> PROBLEM DETAILS: With the line containing "< length self.now.actions)" as the start and the line containing "pub fn compound_system(&self, constant: u32)" as the end, transcribe that span of the entries below exactly, including both.

· · ·

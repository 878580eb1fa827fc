//! A model that passed every check, and what its parts are.
ghost use Rattle.std.specs.Prelude.{◌≡◌, ℕ, ◌<◌, Some, length, slice_get};
ghost use Rattle.std.specs.List.{All};
ghost use Rattle.std.specs.List.Sorted.{IsStrictlyIncreasing};
ghost use Rattle.pepa_model.specs.Expression.{Expression, Shape, Defines, IsSequential, IsCompound, expression_of, shape_of};
ghost use Rattle.pepa_model.specs.PepaModel.{IsModel, AreTransitionsOf};

use crate::name::Name;
use crate::term::{
    Activity, ActivityLists, Bodies, Sequential, SequentialList, Shape2, Words32List,
};
use indexmap::IndexMap;

/// The greatest number of operators and constants that stand above one another in a leaf: each of at most 1,024 constants
/// once, with a body of at most 2,048 tokens each.
pub const MAX_HEIGHT: u32 = 2_097_152;

/// A PEPA model that passed every check.
///
/// Contracts see it as the record of its parts. Constants, action types and leaves are numbered by their places; action 0
/// is `tau`.
#[derive(Drop)]
pub struct Model {
    pub constants: IndexMap<Name, ()>,
    pub actions: IndexMap<Name, ()>,
    pub bodies: Bodies,
    pub leaves: SequentialList,
    pub activities: ActivityLists,
    pub sets: Words32List,
    pub system: Shape2,
}

impl std::marker::Model for Model {
    ghost use Rattle.pepa_model.specs.PepaModel.{PepaModel};
    ghost use Rattle.pepa_model.specs.ExpressionCode.{expression_code, shape_code, definition_code};
    ghost use Rattle.std.specs.Coded.{codes};

    ghost Value = { PepaModel };

    ghost coded = { Prim.hlevel (codes, expression_code, shape_code, definition_code) };

    ghost use Rattle.pepa_model.specs.ModelView.{model_view, IsModelInside};

    ghost view = { model_view };

    ghost invariant = { IsModelInside };
}

impl Model {
    /// Costs nothing: it hands the model's invariant to a proof.
    pub fn recall_invariant(&self)
        ensures { IsModel self.now }
    {
        let _sets = &self.sets;
    }

    /// The name of an action type.
    pub fn action_name(&self, action: u32) -> &Name
        requires { action < length self.now.actions }
        ensures { slice_get self.now.actions action ≡ Some result.now }
    {
        let actions = &self.actions;
        match actions.get_index(action as usize) {
            Some((name, _)) => name,
            None => unreachable!(),
        }
    }

    /// The name of a constant.
    pub fn constant_name(&self, constant: u32) -> &Name
        requires { constant < length self.now.constants }
        ensures { slice_get self.now.constants constant ≡ Some result.now }
    {
        let constants = &self.constants;
        match constants.get_index(constant as usize) {
            Some((name, _)) => name,
            None => unreachable!(),
        }
    }

    /// A leaf's expression.
    pub fn leaf(&self, leaf: u32) -> &Sequential
        requires { leaf < length self.now.leaves }
        ensures { slice_get self.now.leaves leaf ≡ Some (expression_of result.now) }
    {
        let leaves = &self.leaves;
        &leaves.as_slice()[leaf as usize]
    }

    /// The component that a sequential constant stands for.
    pub fn body(&self, constant: u32) -> &Sequential
        requires { IsSequential self.now.bodies constant }
        ensures { Defines self.now.bodies constant (expression_of result.now) }
    {
        let bodies = &self.bodies;
        bodies.as_slice()[constant as usize].component()
    }

    /// The activities of a leaf, in derivation order.
    pub fn activities(&self, leaf: u32) -> &[Activity]
        requires { leaf < length self.now.leaves }
        ensures stored { slice_get self.now.activities leaf ≡ Some result.now }
        ensures transitions { (e : Expression) → slice_get self.now.leaves leaf ≡ Some e → AreTransitionsOf self.now e result.now }
    {
        let lists = &self.activities;
        lists.as_slice()[leaf as usize].as_slice()
    }
    /// The action types of a set, in ascending order.
    pub fn set(&self, set: u32) -> &[u32]
        requires { set < length self.now.sets }
        ensures stored { slice_get self.now.sets set ≡ Some result.now }
        ensures ascends { IsStrictlyIncreasing result.now }
        ensures known { All (λ a. a < length self.now.actions) result.now }
    {
        let sets = &self.sets;
        sets.as_slice()[set as usize].as_slice()
    }

    /// The system.
    pub fn system(&self) -> &Shape2
        ensures { shape_of result.now ≡ self.now.system }
    {
        &self.system
    }

    /// The system that a compound constant stands for.
    pub fn compound_system(&self, constant: u32) -> &Shape2
        requires { (shape : Shape) × IsCompound self.now.bodies constant shape }
        ensures { IsCompound self.now.bodies constant (shape_of result.now) }
    {
        let bodies = &self.bodies;
        bodies.as_slice()[constant as usize].system()
    }

    /// The number of the leaf that the component is. It compares the component with the leaves before it.
    pub fn leaf_number(&self, component: &Sequential) -> u32
        requires { (leaf : ℕ) × (slice_get self.now.leaves leaf ≡ Some (expression_of component.now)) }
        ensures { slice_get self.now.leaves result ≡ Some (expression_of component.now) }
    {
        let leaves = &self.leaves;
        for number in 0..leaves.len() as u32 {
            if self.leaf(number).is_same(component) {
                return number;
            }
        }
        unreachable!()
    }
}
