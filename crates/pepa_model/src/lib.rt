//! The model of a PEPA system, its terms, and the definitions of PEPA.
#![tactic(auto)]

pub mod laws;
mod model;
mod name;
mod term;

pub use model::{MAX_HEIGHT, Model};
pub use name::Name;
pub use term::{
    Activity, ActivityList, ActivityLists, Bodies, Body, Sequential, SequentialList, Shape2, Step,
    StepList, TAU, Term, Words32, Words32List, leaf_count,
};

· · ·

> FINISHED EXERCISE:
        ensures known { All (λ a. a < length self.now.actions) result.now }
    {
        let sets = &self.sets;
        sets.as_slice()[set as usize].as_slice()
    }

    /// The system.
    pub fn system(&self) -> &Shape2
        ensures { shape_of result.now ≡ self.now.system }
    {
        &self.system
    }

    /// The system that a compound constant stands for.
    pub fn compound_system(&self, constant: u32) -> &Shape2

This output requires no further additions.